##### Extracted entries #####
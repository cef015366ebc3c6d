// The tracker of object statuses: what became of 256 objects in a row, and the report's summary and entries from that.
// Carries request No. 4 of document 02; statuses and summary are those of MoQ Multimodal Feedback.
// The record is large, so the caller lends it and it is updated there; a refused call leaves it as it was.

#![tactic(auto)]

mod average;
mod calls;
mod counting;
mod record;
mod records;
mod summary;

pub use calls::{arrived, ended_early, open};
pub use summary::report;

// So many objects are tracked, from the first one on.
pub const OBJECTS: usize = 256;

// The record is so many words: the four below, in their order.
pub const WORDS: usize = AT_OBJECTS + OBJECTS;

// This word is the number of the first object.
const AT_FIRST: usize = 0;

// This word is the expected interval between arrivals, in microseconds.
const AT_INTERVAL: usize = 1;

// This word is the place of the first arrival by order of calls, as an end: one past it, and 0 for none.
const AT_NAMED: usize = 2;

// From here on each object has a word: its state in the two top bits, the time in the other 62.
const AT_OBJECTS: usize = 3;

// One past the largest time: a word is its state times this, and the time.
const TIMES: u64 = wire::LARGEST + 1;

// The states stay numbers: they are bits of the record's words, which a host keeps for lumbixet_tracker_open and its kin.
// Nothing is known of the object; the time means nothing.
const NOTHING: u64 = 0;

// The object ended early, at the time of that word.
const ENDED_EARLY: u64 = 1;

// The object arrived at the time, no later than its deadline.
const RECEIVED: u64 = 2;

// The object arrived at the time, after its deadline.
const LATE: u64 = 3;

// What one walk over the arrivals gathers.
#[derive(Clone, Copy)]
struct Spread {
    // This is the end of the highest place that arrived.
    top: u64,
    // The earliest arrival was at this time; it means nothing before one came.
    earliest: u64,
    // The latest arrival was at this time.
    latest: u64,
}

// How many objects have each status.
#[derive(Clone, Copy)]
struct Counts {
    received: u64,
    late: u64,
    missing: u64,
    partial: u64,
}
#####
◆ What is being asked:
Exactly repeat the lines running from the top of the listing to the line bearing "mod counting;", both of those lines included, and only them.

◆ The answer:
repository cef015366ebc3c6d
// The tracker of object statuses: what became of 256 objects in a row, and the report's summary and entries from that.
// Carries request No. 4 of document 02; statuses and summary are those of MoQ Multimodal Feedback.
// The record is large, so the caller lends it and it is updated there; a refused call leaves it as it was.

#![tactic(auto)]

mod average;
mod calls;
mod counting;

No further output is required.